Segment Start: DATA EXTRACTS
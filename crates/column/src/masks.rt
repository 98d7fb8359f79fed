// The masks of the next-bit test: entry t is the mask of a path's bit t + 1, the bits whose parity has to be even. One table for each code.
ghost use Rattle.std.specs.Prelude.{ℕ, ◌<◌, ◌≡◌, get_or};
ghost use Rattle.column.specs.Shape.{short, level_code};
ghost use Rattle.column.specs.Mask.{MasksOf};

// f1
const F1: [u64; 30] = [
    0, 0, 0, 0, 0, 0, 0, 0, 0, 0, 0, 0, 0, 0, 0, 0, 0, 0, 0, 0, 0, 0, 0, 0, 18322529, 51876961,
    118985825, 118985825, 118985825, 98900033,
];

// f1·f3
const F1_F3: [u64; 30] = [
    0, 0, 0, 0, 0, 0, 0, 0, 0, 0, 0, 0, 0, 0, 0, 0, 0, 0, 80581, 604869, 905681, 3002833, 8289665,
    8289665, 8289665, 14884609, 31054337, 61624321, 330059777, 330059777,
];

// f1·f3·f5
const F1_F3_F5: [u64; 30] = [
    0, 0, 0, 0, 0, 0, 0, 0, 0, 0, 0, 0, 307, 853, 18329, 19969, 19969, 19969, 19969, 544257,
    1592833, 1714177, 1714177, 1290241, 16809985, 50364417, 117473281, 127467521, 111804417,
    80478209,
];

// f1·f3·f5·f7
const F1_F3_F5_F7: [u64; 30] = [
    0, 0, 0, 0, 0, 0, 43, 253, 337, 337, 993, 1665, 1665, 13057, 6145, 6145, 71681, 16385, 16385,
    16385, 1736705, 3080193, 262145, 262145, 27787265, 49283073, 71303169, 71303169, 511705089,
    721420289,
];

// f3
const F3: [u64; 30] = [
    0, 0, 0, 0, 0, 0, 0, 0, 0, 0, 0, 0, 0, 0, 0, 0, 0, 0, 0, 0, 0, 0, 0, 0, 10539813, 10539813,
    102997937, 102997937, 472821217, 674548033,
];

// f5
const F5: [u64; 30] = [
    0, 0, 0, 0, 0, 0, 0, 0, 0, 0, 0, 0, 0, 0, 0, 0, 0, 0, 0, 0, 0, 0, 0, 0, 17508943, 52264657,
    52264657, 52264657, 61856289, 46830529,
];

// f5·f7
const F5_F7: [u64; 30] = [
    0, 0, 0, 0, 0, 0, 0, 0, 0, 0, 0, 0, 0, 0, 0, 0, 0, 0, 398903, 146009, 146009, 3312609, 7506913,
    11554049, 28331265, 61885697, 94796289, 160044033, 299026433, 560164865,
];

// no check: the code of all words
const NONE: [u64; 30] = [0; 30];

// The masks of a level's code.
pub fn level_masks(level: usize) -> [u64; 30]
    requires { level < 4 }
    ensures { MasksOf 30 (level_code short level) result }
{
    match level {
        0 => F1,
        1 => F1_F3,
        2 => F1_F3_F5,
        _ => F1_F3_F5_F7,
    }
}

// The masks of the first of a level's two supercodes.
pub fn left_masks(level: usize) -> [u64; 30]
    requires { level < 4 }
    ensures { MasksOf 30 (short.supercodes level).left result }
{
    if level < 2 { F1 } else { F1_F3 }
}

// The masks of the second.
pub fn right_masks(level: usize) -> [u64; 30]
    requires { level < 4 }
    ensures { MasksOf 30 (short.supercodes level).right result }
{
    match level {
        0 => NONE,
        1 => F3,
        2 => F5,
        _ => F5_F7,
    }
}

// No masks: every path passes.
pub fn no_masks() -> [u64; 30]
    ensures { (k : ℕ) → k < 30 → get_or result k 0 ≡ 0 }
{
    NONE
}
Segment End: DATA EXTRACTS
AIM OF THE TASK: Transcribe exactly, and only, the lines from the opening line of the records through the line containing "const F5_F7: [u64;".

REPLY TO THE TASK:
filename crates/column/src/masks.rt
repository 98d7fb8359f79fed
// The masks of the next-bit test: entry t is the mask of a path's bit t + 1, the bits whose parity has to be even. One table for each code.
ghost use Rattle.std.specs.Prelude.{ℕ, ◌<◌, ◌≡◌, get_or};
ghost use Rattle.column.specs.Shape.{short, level_code};
ghost use Rattle.column.specs.Mask.{MasksOf};

// f1
const F1: [u64; 30] = [
    0, 0, 0, 0, 0, 0, 0, 0, 0, 0, 0, 0, 0, 0, 0, 0, 0, 0, 0, 0, 0, 0, 0, 0, 18322529, 51876961,
    118985825, 118985825, 118985825, 98900033,
];

// f1·f3
const F1_F3: [u64; 30] = [
    0, 0, 0, 0, 0, 0, 0, 0, 0, 0, 0, 0, 0, 0, 0, 0, 0, 0, 80581, 604869, 905681, 3002833, 8289665,
    8289665, 8289665, 14884609, 31054337, 61624321, 330059777, 330059777,
];

// f1·f3·f5
const F1_F3_F5: [u64; 30] = [
    0, 0, 0, 0, 0, 0, 0, 0, 0, 0, 0, 0, 307, 853, 18329, 19969, 19969, 19969, 19969, 544257,
    1592833, 1714177, 1714177, 1290241, 16809985, 50364417, 117473281, 127467521, 111804417,
    80478209,
];

// f1·f3·f5·f7
const F1_F3_F5_F7: [u64; 30] = [
    0, 0, 0, 0, 0, 0, 43, 253, 337, 337, 993, 1665, 1665, 13057, 6145, 6145, 71681, 16385, 16385,
    16385, 1736705, 3080193, 262145, 262145, 27787265, 49283073, 71303169, 71303169, 511705089,
    721420289,
];

// f3
const F3: [u64; 30] = [
    0, 0, 0, 0, 0, 0, 0, 0, 0, 0, 0, 0, 0, 0, 0, 0, 0, 0, 0, 0, 0, 0, 0, 0, 10539813, 10539813,
    102997937, 102997937, 472821217, 674548033,
];

// f5
const F5: [u64; 30] = [
    0, 0, 0, 0, 0, 0, 0, 0, 0, 0, 0, 0, 0, 0, 0, 0, 0, 0, 0, 0, 0, 0, 0, 0, 17508943, 52264657,
    52264657, 52264657, 61856289, 46830529,
];

// f5·f7
const F5_F7: [u64; 30] = [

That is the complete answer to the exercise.